▶ **Work required**:
In the data, find each line where the word "traces" appears and list that line.

▶ **Dataset records**:

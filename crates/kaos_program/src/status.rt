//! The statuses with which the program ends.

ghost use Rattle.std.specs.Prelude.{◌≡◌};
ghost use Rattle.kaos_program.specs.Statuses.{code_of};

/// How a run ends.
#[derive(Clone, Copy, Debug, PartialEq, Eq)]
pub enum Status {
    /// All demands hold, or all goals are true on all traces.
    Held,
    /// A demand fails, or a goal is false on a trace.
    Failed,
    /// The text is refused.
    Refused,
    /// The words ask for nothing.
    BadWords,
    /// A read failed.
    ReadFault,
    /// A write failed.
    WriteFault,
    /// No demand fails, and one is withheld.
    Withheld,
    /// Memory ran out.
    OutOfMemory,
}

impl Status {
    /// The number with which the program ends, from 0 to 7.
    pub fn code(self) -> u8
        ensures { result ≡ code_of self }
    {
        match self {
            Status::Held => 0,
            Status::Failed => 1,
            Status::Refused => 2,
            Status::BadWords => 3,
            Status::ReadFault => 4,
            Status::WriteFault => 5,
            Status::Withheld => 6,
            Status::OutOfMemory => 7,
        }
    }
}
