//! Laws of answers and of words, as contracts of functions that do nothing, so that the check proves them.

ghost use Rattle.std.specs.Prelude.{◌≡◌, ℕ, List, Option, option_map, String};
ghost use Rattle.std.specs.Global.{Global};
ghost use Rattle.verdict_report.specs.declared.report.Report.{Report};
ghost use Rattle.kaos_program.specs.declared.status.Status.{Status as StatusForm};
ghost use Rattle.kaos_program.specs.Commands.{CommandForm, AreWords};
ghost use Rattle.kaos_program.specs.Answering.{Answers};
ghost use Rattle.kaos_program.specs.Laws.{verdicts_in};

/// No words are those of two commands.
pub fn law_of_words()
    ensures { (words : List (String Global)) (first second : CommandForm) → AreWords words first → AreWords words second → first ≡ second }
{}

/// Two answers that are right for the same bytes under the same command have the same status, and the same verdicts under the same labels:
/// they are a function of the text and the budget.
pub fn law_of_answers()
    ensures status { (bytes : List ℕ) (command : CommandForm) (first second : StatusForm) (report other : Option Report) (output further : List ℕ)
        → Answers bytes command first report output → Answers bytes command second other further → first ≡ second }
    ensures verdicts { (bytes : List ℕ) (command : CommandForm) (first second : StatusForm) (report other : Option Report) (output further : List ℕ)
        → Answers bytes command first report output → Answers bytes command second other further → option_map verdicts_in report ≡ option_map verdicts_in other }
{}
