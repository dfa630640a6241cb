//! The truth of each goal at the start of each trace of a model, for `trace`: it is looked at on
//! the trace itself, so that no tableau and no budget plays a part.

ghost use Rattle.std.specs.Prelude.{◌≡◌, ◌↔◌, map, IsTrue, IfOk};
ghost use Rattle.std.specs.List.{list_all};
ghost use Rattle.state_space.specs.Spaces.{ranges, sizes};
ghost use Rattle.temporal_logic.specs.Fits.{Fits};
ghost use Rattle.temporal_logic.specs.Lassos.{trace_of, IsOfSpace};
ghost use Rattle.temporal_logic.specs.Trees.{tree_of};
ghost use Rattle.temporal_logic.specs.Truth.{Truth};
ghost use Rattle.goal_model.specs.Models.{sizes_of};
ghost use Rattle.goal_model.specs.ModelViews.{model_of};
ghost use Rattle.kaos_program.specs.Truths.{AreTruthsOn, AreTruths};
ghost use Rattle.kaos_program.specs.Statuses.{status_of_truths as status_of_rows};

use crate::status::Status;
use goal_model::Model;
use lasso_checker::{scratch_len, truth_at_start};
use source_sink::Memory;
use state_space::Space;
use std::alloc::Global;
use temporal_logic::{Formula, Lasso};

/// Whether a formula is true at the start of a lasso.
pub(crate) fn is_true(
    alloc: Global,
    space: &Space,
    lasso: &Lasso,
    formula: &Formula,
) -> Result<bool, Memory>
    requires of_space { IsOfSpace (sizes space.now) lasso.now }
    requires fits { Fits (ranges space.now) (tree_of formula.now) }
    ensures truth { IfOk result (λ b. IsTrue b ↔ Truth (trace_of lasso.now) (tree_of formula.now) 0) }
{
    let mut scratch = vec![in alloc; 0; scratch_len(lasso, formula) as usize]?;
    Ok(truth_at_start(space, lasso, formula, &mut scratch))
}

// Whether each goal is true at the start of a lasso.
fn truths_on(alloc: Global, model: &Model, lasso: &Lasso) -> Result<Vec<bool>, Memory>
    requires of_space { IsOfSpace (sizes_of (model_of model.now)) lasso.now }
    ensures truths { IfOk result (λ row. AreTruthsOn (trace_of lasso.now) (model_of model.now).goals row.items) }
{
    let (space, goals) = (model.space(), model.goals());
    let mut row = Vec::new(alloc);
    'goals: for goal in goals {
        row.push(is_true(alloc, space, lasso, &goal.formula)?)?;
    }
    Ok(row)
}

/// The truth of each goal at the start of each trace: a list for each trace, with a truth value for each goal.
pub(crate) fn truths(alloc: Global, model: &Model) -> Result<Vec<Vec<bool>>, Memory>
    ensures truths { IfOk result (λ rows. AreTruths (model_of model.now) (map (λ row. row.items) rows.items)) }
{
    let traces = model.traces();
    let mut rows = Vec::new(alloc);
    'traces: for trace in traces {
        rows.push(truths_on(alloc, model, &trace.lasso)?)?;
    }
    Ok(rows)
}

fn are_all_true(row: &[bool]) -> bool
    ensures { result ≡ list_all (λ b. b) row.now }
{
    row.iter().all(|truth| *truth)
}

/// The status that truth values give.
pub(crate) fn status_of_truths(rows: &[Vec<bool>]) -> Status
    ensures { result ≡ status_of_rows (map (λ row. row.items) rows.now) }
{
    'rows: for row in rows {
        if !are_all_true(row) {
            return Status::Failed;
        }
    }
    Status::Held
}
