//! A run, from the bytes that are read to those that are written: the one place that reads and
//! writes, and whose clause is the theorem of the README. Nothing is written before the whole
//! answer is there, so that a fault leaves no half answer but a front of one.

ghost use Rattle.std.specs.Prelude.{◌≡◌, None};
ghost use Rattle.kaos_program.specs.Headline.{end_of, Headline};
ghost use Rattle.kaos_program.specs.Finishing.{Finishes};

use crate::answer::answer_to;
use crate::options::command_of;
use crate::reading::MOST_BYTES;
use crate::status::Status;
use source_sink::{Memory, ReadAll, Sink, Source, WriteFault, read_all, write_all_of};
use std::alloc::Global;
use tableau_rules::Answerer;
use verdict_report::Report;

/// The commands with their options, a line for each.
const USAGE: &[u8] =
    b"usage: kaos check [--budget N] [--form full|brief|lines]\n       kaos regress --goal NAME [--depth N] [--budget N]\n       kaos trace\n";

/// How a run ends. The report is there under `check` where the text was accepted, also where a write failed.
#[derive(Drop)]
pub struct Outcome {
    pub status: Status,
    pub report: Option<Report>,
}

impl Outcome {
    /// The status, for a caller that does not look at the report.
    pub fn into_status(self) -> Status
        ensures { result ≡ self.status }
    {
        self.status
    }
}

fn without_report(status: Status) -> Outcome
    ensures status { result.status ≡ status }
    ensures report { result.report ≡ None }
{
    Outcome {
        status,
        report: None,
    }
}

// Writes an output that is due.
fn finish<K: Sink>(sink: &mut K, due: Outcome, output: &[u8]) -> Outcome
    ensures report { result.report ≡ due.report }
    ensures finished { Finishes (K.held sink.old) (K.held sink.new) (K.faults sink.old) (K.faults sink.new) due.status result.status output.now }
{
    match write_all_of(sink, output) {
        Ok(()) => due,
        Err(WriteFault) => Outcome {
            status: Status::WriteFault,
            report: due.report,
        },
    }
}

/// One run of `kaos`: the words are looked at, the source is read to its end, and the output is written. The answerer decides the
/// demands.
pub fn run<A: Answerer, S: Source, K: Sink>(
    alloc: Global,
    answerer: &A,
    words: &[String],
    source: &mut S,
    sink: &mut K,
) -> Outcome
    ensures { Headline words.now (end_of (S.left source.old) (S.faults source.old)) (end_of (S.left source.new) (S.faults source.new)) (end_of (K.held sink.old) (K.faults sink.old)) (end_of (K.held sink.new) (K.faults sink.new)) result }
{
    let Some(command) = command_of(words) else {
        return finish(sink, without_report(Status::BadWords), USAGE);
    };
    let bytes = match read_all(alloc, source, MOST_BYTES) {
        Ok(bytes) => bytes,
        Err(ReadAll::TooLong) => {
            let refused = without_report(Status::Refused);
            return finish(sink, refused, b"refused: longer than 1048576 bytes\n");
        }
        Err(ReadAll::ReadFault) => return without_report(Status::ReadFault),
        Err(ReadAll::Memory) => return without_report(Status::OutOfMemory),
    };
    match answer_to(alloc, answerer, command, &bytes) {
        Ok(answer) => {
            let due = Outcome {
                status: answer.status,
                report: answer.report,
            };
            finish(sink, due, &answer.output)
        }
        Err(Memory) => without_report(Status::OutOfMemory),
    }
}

▶ **Answer box**:
    /// All demands hold, or all goals are true on all traces.
    let traces = model.traces();
    'traces: for trace in traces {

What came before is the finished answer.